I look over a gothic cityscape from atop a tall building, a bridge and a billboard are behind me and cars go by a dizzying distance below. Then I’m an explorer on an alien world, trying to communicate with a wide-eyed alien that has two thumbs per hand. But it’s standing in a museum and seeing a towering T-rex coming toward me when I really feel it–the creators of Oculus Rift call this sense of being lost in the experience “presence.”
Oculus Rift’s new Crescent Bay headset prototype, unveiled this weekend at the company’s Oculus Connect conference, shows that mainstream virtual experiences are almost a reality.
“The most important moment of my life in VR was when I saw this kind of quality experience. It was the time where I knew VR was finally going to work. Not just for me, but for everybody,” says Brendan Iribe, CEO of Oculus. “That switch flipped in the back of my head that said you really are there in this virtual space.”
Crescent Bay is one iteration above the tens of thousands of Developer Kit 2 versions the Oculus Rift has been sending out since July. The changes are incremental, but add up. Oculus wouldn’t share any specs about the screen that is being used, which is made by Samsung. But Epic Games, which made the last part of the demo, confirmed it was running at 90 frames per second. That is triple the number of images per second that television shows are filmed in.
Three-dimensional audio has been integrated into the headset, adding directionality to the sound effects. And despite the addition of over-the-ear headphones, the head mount is lighter and has a more comfortable shape.

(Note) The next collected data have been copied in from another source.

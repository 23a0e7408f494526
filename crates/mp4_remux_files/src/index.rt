//! The fields of a `sidx`: the sizes of parts of the media (ISO/IEC 14496-12, 8.16.3).

ghost use Rattle.std.specs.Prelude.{◌≡◌, ◌+◌, ◌<◌, ◌≤◌, ◌^◌, ◌++◌, IfSome, OnOk};
ghost use Rattle.mp4_remux_files.specs.Fields.{distance, end_after, end_of, index_by, index_fields, part_field};
ghost use Rattle.mp4_remux_files.specs.Fields.{part_fields, part_number, part_size};

use crate::field::{Anchor, Field, push, push_field};
use crate::numbers::{NoFields, number_at, position_after, short_at, wide_by};
use crate::shift::Shift;
use mp4_walk::TreeBox;

/// A part of the media that an index has.
#[derive(Clone, Copy)]
struct Part {
    /// The field with its size.
    pub field: Field,
    /// The position after its last byte.
    pub end: u64,
}

/// Returns the position after the change of the end of a part from position `begin` to `end`. It is that of the next
/// part, if this isn't the last one.
fn end_after<F: Shift>(shift: &F, begin: u64, end: u64, is_last: bool) -> Option<u64>
    ensures { IfSome result (λ e. e ≡ end_after (F.after shift.now) begin end is_last) }
{
    if is_last && begin < end {
        match shift.shifted(end - 1) {
            Some(place) => place.checked_add(1),
            None => None,
        }
    } else {
        shift.shifted(end)
    }
}

/// Returns the number of bytes after the change of a part from position `begin` to `end`, or `None` if it needs more
/// than 31 bits.
fn size_after<F: Shift>(shift: &F, begin: u64, end: u64, is_last: bool) -> Option<u64>
    ensures size { IfSome result (λ n. n ≡ distance (F.after shift.now begin)
        (end_after (F.after shift.now) begin end is_last)) }
    ensures small { IfSome result (λ n. n < 2 ^ 31) }
{
    let Some(start) = shift.shifted(begin) else {
        return None;
    };
    let Some(stop) = end_after(shift, begin, end, is_last) else {
        return None;
    };
    match stop.checked_sub(start) {
        Some(size) => { if size < 0x8000_0000 { Some(size) } else { None } }
        None => None,
    }
}

/// Returns `old` with `size` in its lowest 31 bits.
fn part_number(old: u64, size: u64) -> u64
    requires old { old < 2 ^ 32 }
    requires size { size < 2 ^ 31 }
    ensures { result ≡ part_number old size }
{
    old / 0x8000_0000 * 0x8000_0000 + size
}

/// Returns the part at position `begin` of the file whose size is at position `at` of `bytes`.
fn part_at<F: Shift>(shift: &F, bytes: &[u8], at: u64, begin: u64, is_last: bool) -> Option<Part>
    ensures field { IfSome result (λ p. p.field ≡ part_field (F.after shift.now) bytes.now at begin is_last) }
    ensures end { IfSome result (λ p. p.end ≡ begin + part_size bytes.now at) }
{
    let Some(old) = short_at(bytes, at) else {
        return None;
    };
    let Some(end) = begin.checked_add(old % 0x8000_0000) else {
        return None;
    };
    match size_after(shift, begin, end, is_last) {
        Some(size) => Some(Part {
            field: Field {
                begin: at,
                width: 4,
                value: part_number(old, size),
            },
            end,
        }),
        None => None,
    }
}

/// Adds the sizes of `count` parts, one after the other. The first size is at position `at` of `bytes`, and the first
/// part at position `first` of the file.
fn push_parts<F: Shift>(
    fields: &mut Vec<Field>,
    shift: &F,
    bytes: &[u8],
    count: u64,
    at: u64,
    first: u64,
) -> Result<(), NoFields>
    ensures { OnOk result (fields.new.items
        ≡ fields.old.items ++ part_fields (F.after shift.now) bytes.now count at first) }
{
    let mut left = count;
    let mut begin = at;
    let mut place = first;
    while left > 0 {
        left -= 1;
        let Some(part) = part_at(shift, bytes, begin, place, left == 0) else {
            return Err(NoFields::Unknown);
        };
        match push(fields, part.field) {
            Ok(()) => place = part.end,
            Err(error) => return Err(NoFields::from(error)),
        }
        match position_after(begin, 12) {
            Some(next) => begin = next,
            None => return Err(NoFields::Unknown),
        }
    }
    Ok(())
}

/// Adds the fields of a `sidx` that counts from `anchor` and has offsets of `width` bytes.
#[tactic(auto, using(crate::proofs::FieldLists::then_others))]
fn push_index_by<F: Shift>(
    fields: &mut Vec<Field>,
    shift: &F,
    anchor: Anchor,
    bytes: &[u8],
    width: u64,
) -> Result<(), NoFields>
    requires { width ≤ 8 }
    ensures { OnOk result (fields.new.items
        ≡ fields.old.items ++ index_by (F.after shift.now) anchor bytes.now width) }
{
    let Some(offset) = number_at(bytes, 12 + width, width) else {
        return Err(NoFields::Unknown);
    };
    let Some(count) = number_at(bytes, 14 + 2 * width, 2) else {
        return Err(NoFields::Unknown);
    };
    let Some(first) = anchor.before.checked_add(offset) else {
        return Err(NoFields::Unknown);
    };
    push_field(fields, shift, anchor, bytes, width, 12 + width)?;
    push_parts(fields, shift, bytes, count, 16 + 2 * width, first)?;
    Ok(())
}

/// Returns the end of `found`, a `sidx`, before and after the change.
fn end_of<F: Shift>(shift: &F, found: &TreeBox) -> Option<Anchor>
    ensures { IfSome result (λ a. a ≡ end_of (F.after shift.now) found.now) }
{
    let Some(place) = shift.shifted(found.position) else {
        return None;
    };
    let Some(before) = found.position.checked_add(found.length) else {
        return None;
    };
    match place.checked_add(found.length) {
        Some(after) => Some(Anchor { before, after }),
        None => None,
    }
}

/// Adds the fields of `found`, a `sidx` with the content `bytes`.
pub fn push_index<F: Shift>(
    fields: &mut Vec<Field>,
    shift: &F,
    bytes: &[u8],
    found: &TreeBox,
) -> Result<(), NoFields>
    ensures { OnOk result (fields.new.items
        ≡ fields.old.items ++ index_fields (F.after shift.now) bytes.now found.now) }
{
    let Some(version) = number_at(bytes, 0, 1) else {
        return Err(NoFields::Unknown);
    };
    let Some(anchor) = end_of(shift, found) else {
        return Err(NoFields::Unknown);
    };
    push_index_by(fields, shift, anchor, bytes, wide_by(version))
}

The camera capturing my movement sees a larger volume, which means the imaginary boundary where the camera stops working is much bigger than before. This allows me to move around the virtual space, walking for several feet in any direction, as well as stretching low to the ground. This freedom of movement inside the digital world seen through the headset makes it feel like a real place.
“The quality of the experience is good enough that it could ship as a product and we wouldn’t be ashamed of it, but there is still a lot of last-minute tweaking that needs to go on,” Oculus founder Palmer Luckey tells Fast Company. “The optics are not final, the ergonomics still have some issues, but overall it is getting very close.”
Oculus created a variety of scenes to show what the headset is capable of–you stand inside a submarine, watch a velociraptor, examine an insect at a microscopic level, go camping with some animals in a field, look down at a futuristic map UI, examine a papercraft town up close, float through a Tron-esque cyber-world, and ending with a walk through a destructive firefight between a SWAT team and a towering robot in slow motion. There are moments during the demos when you forget it is a digital creation that is static.
You want to interact with the environment, but can’t. I wanted to travel through the world and not just circle around the space that the camera allows. What is over the hill on that alien world? What other creatures can be found in that museum? This would require a game controller, which the demo didn’t use. And I was tempted to grab bannisters, turn doorknobs to open doors, or move the paper model pieces. But Oculus is not showing any sort of motion controller yet, though Luckey has stated in the past that Oculus R&D is making an input device. But getting the headset right is the first step toward building a VR ecosystem.
As great as these demos were, Crescent Bay is only a prototype. Most consumers will never use it and only a handful of AAA developers will get to use it to make games. The rabid fans and indie game makers will have to stick with their now obsolete DK2 headsets. CES is around the corner, and who knows what Oculus will reveal then.
“When people look at the history of VR, at decades of not working, to suddenly Oculus launching on Kickstarter in 2012, then showing something like Crescent Bay which delivers presence and largely eliminates motion sickness two years later,” says Iribe, “to shipping a product some short amount of time after that, it’s going to feel like VR came out of nowhere and took off.”